NIA: I don’t think it starts at zero. I think it starts to the right of zero. Plus, I think the limit describes the manifestation as well as the path. I like that you came up with the description of the path because that is true. Putting this in Calculus terms, if you look at a function, then the limit gives you both the the path to the curve (the way you solve for the function) and it gives you graph. It’s just math so we don’t have the actual manifestation, but I find it helps me because the language is less ambiguous and I think there are 2 things: the path and the manifestation.
VINAIRE: Any limit, any starting consideration, thus, is of infinite dimension at its manifestation. The limit seems to define the fractal structure of the path it takes to develop further.
NIA: Not sure. Fractal Geometry is a different area of Math from Calculus, I thought?

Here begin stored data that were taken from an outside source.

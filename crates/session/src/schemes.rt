// The schemes that a command can choose.
use plain::Plain;
use system::System;

// A scheme that was chosen: plain residues, a residue system, or the split over plain residues.
// Kept: an enum, since the project's rule lets no function hand out a dyn, and each scheme has hidden numbers of its own type.
#[derive(Clone, Copy)]
pub enum Chosen {
    Plain(Plain),
    System(System),
    Split(Plain),
}
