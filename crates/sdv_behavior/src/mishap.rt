//! The mishaps of a schedule: each is a behavior with a name.

ghost use Rattle.std.specs.Prelude.{◌≡◌, slice_get};
ghost use Rattle.sdv_behavior.specs.Schedules.{behavior_of_code, mishap_name, mishap_of_code, mishap_short_name};

use crate::behavior::{Behavior, Deed, PROMPT, PhaseEnd, StatusError};

/// A behavior that a schedule names.
#[derive(Clone, Copy, Debug, PartialEq, Eq)]
pub enum Mishap {
    /// The command does not reach it.
    LosesCommand,
    /// Its answer does not reach the host.
    LosesAnswer,
    /// It does no step of its own, is not yet ready, and stays busy.
    IsSlow,
    /// It takes the command, and answers with an error.
    ReportsError,
    /// It does not take the command, and answers with an error.
    Refuses,
    /// Its data phase is cut.
    CutsPhase,
    /// It takes the command, and the switch that it asks for fails.
    FailsSwitch,
    /// It takes the blocks of a phase and programs them, and their CRC status does not reach the host.
    LosesCrcStatus,
    /// It takes CMD55 as an ordinary command: its answer lacks APP_CMD, and it expects no application command.
    OmitsAppCommand,
    /// The command does not reach it, and it does no step of its own.
    LosesCommandWhileBusy,
    /// It does no step of its own, takes the command, and answers with an error.
    ReportsErrorWhileBusy,
    /// It takes the blocks of a phase, which ends well, and stores none of them; a later status shows the error.
    FailsWriteLater,
    /// Its data phase is cut, or a wait is late, and by then it has gone on.
    MovesOn,
    /// It takes the command, and answers with OUT_OF_RANGE.
    ReportsOutOfRange,
    /// It does not take the command, ends an erase sequence, and answers with ERASE_SEQ_ERROR.
    ReportsEraseSequence,
    /// It takes the command, and answers with ILLEGAL_COMMAND.
    ReportsIllegalCommand,
    /// CMD0 leaves it another block length than the described one.
    SetsOtherLength,
    /// It takes CMD3 with another relative address than the described one, and its answer does not reach the host.
    LosesOtherAddress,
    /// It does not take CMD3, and answers with an error and another relative address.
    RefusesWithOtherAddress,
    /// It does no step of its own, and CMD13 in another state than tran neither shows a pending switch error nor ends it.
    KeepsSwitchError,
}

/// The table of mishaps: each with what the card does. The value of a mishap in a schedule is the number of its row, from 1; 0
/// is no mishap. A file of digits has the first seven.
pub const MISHAPS: [(Mishap, Behavior); 20] = [
    (
        Mishap::LosesCommand,
        Behavior {
            deed: Deed::Loses,
            ..PROMPT
        },
    ),
    (
        Mishap::LosesAnswer,
        Behavior {
            deed: Deed::TakesUnheard,
            ..PROMPT
        },
    ),
    (
        Mishap::IsSlow,
        Behavior {
            settles: false,
            ready: false,
            ..PROMPT
        },
    ),
    (
        Mishap::ReportsError,
        Behavior {
            error: StatusError::General,
            ..PROMPT
        },
    ),
    (
        Mishap::Refuses,
        Behavior {
            deed: Deed::Stays,
            ..PROMPT
        },
    ),
    (
        Mishap::CutsPhase,
        Behavior {
            phase: PhaseEnd::Cut,
            ..PROMPT
        },
    ),
    (
        Mishap::FailsSwitch,
        Behavior {
            fails_switch: true,
            ..PROMPT
        },
    ),
    (
        Mishap::LosesCrcStatus,
        Behavior {
            phase: PhaseEnd::CrcStatusLost,
            ..PROMPT
        },
    ),
    (
        Mishap::OmitsAppCommand,
        Behavior {
            expects_app: false,
            ..PROMPT
        },
    ),
    (
        Mishap::LosesCommandWhileBusy,
        Behavior {
            settles: false,
            deed: Deed::Loses,
            ..PROMPT
        },
    ),
    (
        Mishap::ReportsErrorWhileBusy,
        Behavior {
            settles: false,
            error: StatusError::General,
            ..PROMPT
        },
    ),
    (
        Mishap::FailsWriteLater,
        Behavior {
            phase: PhaseEnd::FailsLater,
            ..PROMPT
        },
    ),
    (
        Mishap::MovesOn,
        Behavior {
            ready: false,
            phase: PhaseEnd::Cut,
            moves_on: true,
            ..PROMPT
        },
    ),
    (
        Mishap::ReportsOutOfRange,
        Behavior {
            error: StatusError::OutOfRange,
            ..PROMPT
        },
    ),
    (
        Mishap::ReportsEraseSequence,
        Behavior {
            deed: Deed::Stays,
            error: StatusError::EraseSequence,
            keeps_erase: false,
            ..PROMPT
        },
    ),
    (
        Mishap::ReportsIllegalCommand,
        Behavior {
            error: StatusError::IllegalCommand,
            ..PROMPT
        },
    ),
    (
        Mishap::SetsOtherLength,
        Behavior {
            other_length: true,
            ..PROMPT
        },
    ),
    (
        Mishap::LosesOtherAddress,
        Behavior {
            deed: Deed::TakesUnheard,
            other_address: true,
            ..PROMPT
        },
    ),
    (
        Mishap::RefusesWithOtherAddress,
        Behavior {
            deed: Deed::Stays,
            other_address: true,
            ..PROMPT
        },
    ),
    (
        Mishap::KeepsSwitchError,
        Behavior {
            settles: false,
            keeps_switch_error: true,
            ..PROMPT
        },
    ),
];

/// The row at a place, if there is one.
fn row_at(rows: &[(Mishap, Behavior)], place: usize) -> Option<(Mishap, Behavior)>
    ensures { result ≡ slice_get rows.now place }
{
    rows.get(place).copied()
}

impl Mishap {
    /// Its name in a schedule.
    pub fn name(self) -> &'static str
        ensures { result.now ≡ mishap_name self }
    {
        match self {
            Mishap::LosesCommand => "command lost",
            Mishap::LosesAnswer => "answer lost",
            Mishap::IsSlow => "not ready",
            Mishap::ReportsError => "error shown",
            Mishap::Refuses => "refused",
            Mishap::CutsPhase => "phase cut",
            Mishap::FailsSwitch => "switch fails",
            Mishap::LosesCrcStatus => "CRC status lost",
            Mishap::OmitsAppCommand => "no APP_CMD",
            Mishap::LosesCommandWhileBusy => "lost while busy",
            Mishap::ReportsErrorWhileBusy => "error while busy",
            Mishap::FailsWriteLater => "write fails, error shown later",
            Mishap::MovesOn => "time passes",
            Mishap::ReportsOutOfRange => "OUT_OF_RANGE",
            Mishap::ReportsEraseSequence => "ERASE_SEQ_ERROR",
            Mishap::ReportsIllegalCommand => "ILLEGAL_COMMAND",
            Mishap::SetsOtherLength => "other block length",
            Mishap::LosesOtherAddress => "answer lost with other address",
            Mishap::RefusesWithOtherAddress => "refused with other address",
            Mishap::KeepsSwitchError => "switch error kept",
        }
    }

    /// A shorter name; the same where it has none.
    pub fn short_name(self) -> &'static str
        ensures { result.now ≡ mishap_short_name self }
    {
        match self {
            Mishap::LosesCommand => "lost",
            Mishap::CutsPhase => "cut",
            Mishap::FailsWriteLater => "write fails",
            _ => self.name(),
        }
    }

    /// The mishap of a value in a schedule, if it is that of a row.
    pub fn of_code(code: u8) -> Option<Mishap>
        ensures { result ≡ mishap_of_code code }
    {
        if code == 0 {
            return None;
        }
        match row_at(&MISHAPS, usize::from(code - 1)) {
            Some(row) => Some(row.0),
            None => None,
        }
    }
}

impl Behavior {
    /// The behavior of a value in a schedule: that of a row, or without a mishap.
    pub fn of_code(code: u8) -> Option<Behavior>
        ensures { result ≡ behavior_of_code code }
    {
        if code == 0 {
            return Some(PROMPT);
        }
        match row_at(&MISHAPS, usize::from(code - 1)) {
            Some(row) => Some(row.1),
            None => None,
        }
    }
}
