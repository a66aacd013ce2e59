//! A simulated card before its first command.

ghost use Rattle.std.specs.Prelude.{◌≡◌};
ghost use Rattle.sdv_behavior.specs.CardOf.{at_start};

use crate::card_desc::CardDesc;
use crate::card_state::CardState;
use sdv_card::{EraseStage, Mode, State, Transfer};

impl CardState {
    /// A card before its first command.
    pub fn at_start(desc: &CardDesc) -> CardState
        ensures { result ≡ at_start desc.now }
    {
        CardState {
            state: State::Idle,
            rca: None,
            app: false,
            block_length: desc.block_length,
            erase: EraseStage::Outside,
            mode: Mode::first(),
            preset: 0,
            transfer: Transfer::Nothing,
            next_block: 0,
            announced: 0,
            checked: false,
            erase_first: 0,
            erase_last: 0,
            unshown_error: false,
        }
    }
}
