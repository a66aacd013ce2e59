//! Where an erase takes place in an image.

ghost use Rattle.std.specs.Prelude.{◌≡◌, ◌≤◌};
ghost use Rattle.sdv_behavior.specs.Layout.{image_size};
ghost use Rattle.sdv_behavior.specs.SimSteps.{erase_start, erase_end};

use crate::card_desc::CardDesc;
use crate::card_state::CardState;

/// The places at which an erase begins and ends: from the first block named to the last one, as far as the partition in
/// access has them.
#[tactic(auto, using(crate::proofs::LayoutLaws::places))]
pub fn erased_places(desc: &CardDesc, s: &CardState) -> (u64, u64)
    ensures start { result.0 ≡ erase_start desc.now s.now }
    ensures end { result.1 ≡ erase_end desc.now s.now }
    ensures room { erase_end desc.now s.now ≤ image_size desc.now }
{
    let place = desc.partition_place(s.mode.partition);
    let size = desc.partition_size(s.mode.partition);
    let count = if s.erase_last < size {
        s.erase_last + 1
    } else {
        size
    };
    let end = place + count;
    let start = place.saturating_add(s.erase_first).min(end);
    (start, end)
}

VINAIRE: Any limit, any starting consideration, thus, is of infinite dimension at its manifestation. The limit seems to define the fractal structure of the path it takes to develop further. NIA: Not sure. Fractal Geometry is a different area of Math from Calculus, I thought?
Chris: Is not all mathematics language used to describe the relationship between considerations?

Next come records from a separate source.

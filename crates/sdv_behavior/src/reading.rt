//! Reading a description from its first line to its last.

ghost use Rattle.std.specs.Prelude.{◌≡◌, ◌^◌, ◌++◌, ◌∷◌, [], length, min, option_map};
ghost use Rattle.sdv_text.specs.Fronts.{after, is_digit, run, number_after};
ghost use Rattle.sdv_behavior.specs.Grammar.{size_fits};
ghost use Rattle.sdv_behavior.specs.Reading.{read_line, read_figure, read_number, read_size, read_rca, read_sd, read_sd_bytes, read_sd_blocks, read_emmc, read_boot, read_emmc_bytes, read_emmc_blocks, read_description};

use crate::description::{Description, Size};
use sdv_text::{after, capped_value, digits_len};

/// The front of a text was read; what follows it.
type Read<'a, T> = Option<(T, &'a [u8])>;

/// What follows a line, if the text goes on with it.
fn line<'a>(text: &'a [u8], words: &[u8]) -> Option<&'a [u8]>
    ensures { option_map (λ rest. rest.now) result ≡ read_line words.now text.now }
{
    match after(text, words) {
        Some(rest) => after(rest, b"\n"),
        None => None,
    }
}

// One digit or more with their line's end behind them, and what follows.
#[tactic(auto, unfolding(crate::specs::Reading::read_figure))]
fn figure(text: &[u8]) -> Read<'_, u32>
    ensures { option_map (λ x. (x.0, x.1.now)) result ≡ read_figure text.now }
{
    let (digits, rest) = text.split_at(digits_len(text));
    let value = capped_value(digits, 1 << 32);
    if digits.is_empty() || value > 0xffff_ffff {
        return None;
    }
    match after(rest, b"\n") {
        Some(rest) => Some((value as u32, rest)),
        None => None,
    }
}

// The number of the first line, behind a word and a space.
#[tactic(auto, unfolding(crate::specs::Reading::read_number))]
fn number<'a>(text: &'a [u8], word: &[u8]) -> Read<'a, u32>
    ensures { option_map (λ x. (x.0, x.1.now)) result ≡ read_number word.now text.now }
{
    match after(text, word) {
        Some(rest) => figure(rest),
        None => None,
    }
}

// The three lines of a size.
#[tactic(auto, unfolding(crate::specs::Reading::read_size))]
fn size(text: &[u8]) -> Read<'_, Size>
    ensures { option_map (λ x. (x.0, x.1.now)) result ≡ read_size text.now }
{
    let (c_size, rest) = number(text, b"csize ")?;
    let (mult, rest) = number(rest, b"cmult ")?;
    let (len, rest) = number(rest, b"rbl ")?;
    if c_size > 4095 || mult > 7 || len < 9 || len > 11 {
        return None;
    }
    let size = Size {
        c_size: c_size as u16,
        c_size_mult: mult as u8,
        read_bl_len: len as u8,
    };
    Some((size, rest))
}

// The last line of an SD card, with nothing behind it.
#[tactic(auto, unfolding(crate::specs::Reading::read_rca))]
fn rca(text: &[u8]) -> Option<u16>
    ensures { result ≡ read_rca text.now }
{
    let (rca, rest) = number(text, b"rca ")?;
    if rca == 0 || rca > 65_535 || !rest.is_empty() {
        return None;
    }
    Some(rca as u16)
}

#[tactic(auto, unfolding(crate::specs::Reading::read_sd_bytes))]
fn sd_bytes(version: u32, text: &[u8]) -> Option<Description>
    ensures { result ≡ read_sd_bytes version text.now }
{
    let (size, rest) = size(text)?;
    let rca = rca(rest)?;
    match version {
        1 => Some(Description::SdBytes {
            version: 1,
            size,
            rca,
        }),
        2 => Some(Description::SdBytes {
            version: 2,
            size,
            rca,
        }),
        _ => None,
    }
}

#[tactic(auto, unfolding(crate::specs::Reading::read_sd_blocks))]
fn sd_blocks(version: u32, text: &[u8]) -> Option<Description>
    ensures { result ≡ read_sd_blocks version text.now }
{
    let (c_size, rest) = number(text, b"csize ")?;
    let rca = rca(rest)?;
    if version != 2 || c_size > 4_194_303 {
        return None;
    }
    Some(Description::SdBlocks { c_size, rca })
}

#[tactic(auto, unfolding(crate::specs::Reading::read_sd))]
fn sd(text: &[u8]) -> Option<Description>
    ensures { result ≡ read_sd text.now }
{
    let (version, rest) = number(text, b"version ")?;
    if let Some(rest) = line(rest, b"unit byte") {
        return sd_bytes(version, rest);
    }
    match line(rest, b"unit block") {
        Some(rest) => sd_blocks(version, rest),
        None => None,
    }
}

// The last line of an e.MMC device, which may be absent, with nothing behind it.
#[tactic(auto, unfolding(crate::specs::Reading::read_boot))]
fn boot(text: &[u8]) -> Option<u8>
    ensures { result ≡ read_boot text.now }
{
    if text.is_empty() {
        return Some(0);
    }
    let (boot, rest) = number(text, b"boot ")?;
    if boot > 255 || !rest.is_empty() {
        return None;
    }
    Some(boot as u8)
}

#[tactic(auto, unfolding(crate::specs::Reading::read_emmc_bytes))]
fn emmc_bytes(text: &[u8]) -> Option<Description>
    ensures { result ≡ read_emmc_bytes text.now }
{
    let (size, rest) = size(text)?;
    let boot = boot(rest)?;
    Some(Description::EmmcBytes { size, boot })
}

#[tactic(auto, unfolding(crate::specs::Reading::read_emmc_blocks))]
fn emmc_blocks(text: &[u8]) -> Option<Description>
    ensures { result ≡ read_emmc_blocks text.now }
{
    let (sectors, rest) = number(text, b"sectors ")?;
    let boot = boot(rest)?;
    if sectors == 0 {
        return None;
    }
    Some(Description::EmmcBlocks { sectors, boot })
}

#[tactic(auto, unfolding(crate::specs::Reading::read_emmc))]
fn emmc(text: &[u8]) -> Option<Description>
    ensures { result ≡ read_emmc text.now }
{
    if let Some(rest) = line(text, b"unit byte") {
        return emmc_bytes(rest);
    }
    match line(text, b"unit block") {
        Some(rest) => emmc_blocks(rest),
        None => None,
    }
}

/// What a text says as a description, if it is one.
#[tactic(auto, unfolding(crate::specs::Reading::read_description))]
pub fn description(text: &[u8]) -> Option<Description>
    ensures { result ≡ read_description text.now }
{
    if let Some(rest) = line(text, b"card sd") {
        return sd(rest);
    }
    match line(text, b"card emmc") {
        Some(rest) => emmc(rest),
        None => None,
    }
}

Yes. Good point. I just don’t understand that branch at all so it’s like not knowing the language, for me.
OK then, let’s look at analog (continuous) and digital as a dichotomy that precipitates from God or Unknowable.
I prefer unknowable to God because there is less baggage associated with that word.
So, as we look at discrete objects to count, we also look at a continuous background against which to count. I am sure mathematics gets back to looking at that continuous background too.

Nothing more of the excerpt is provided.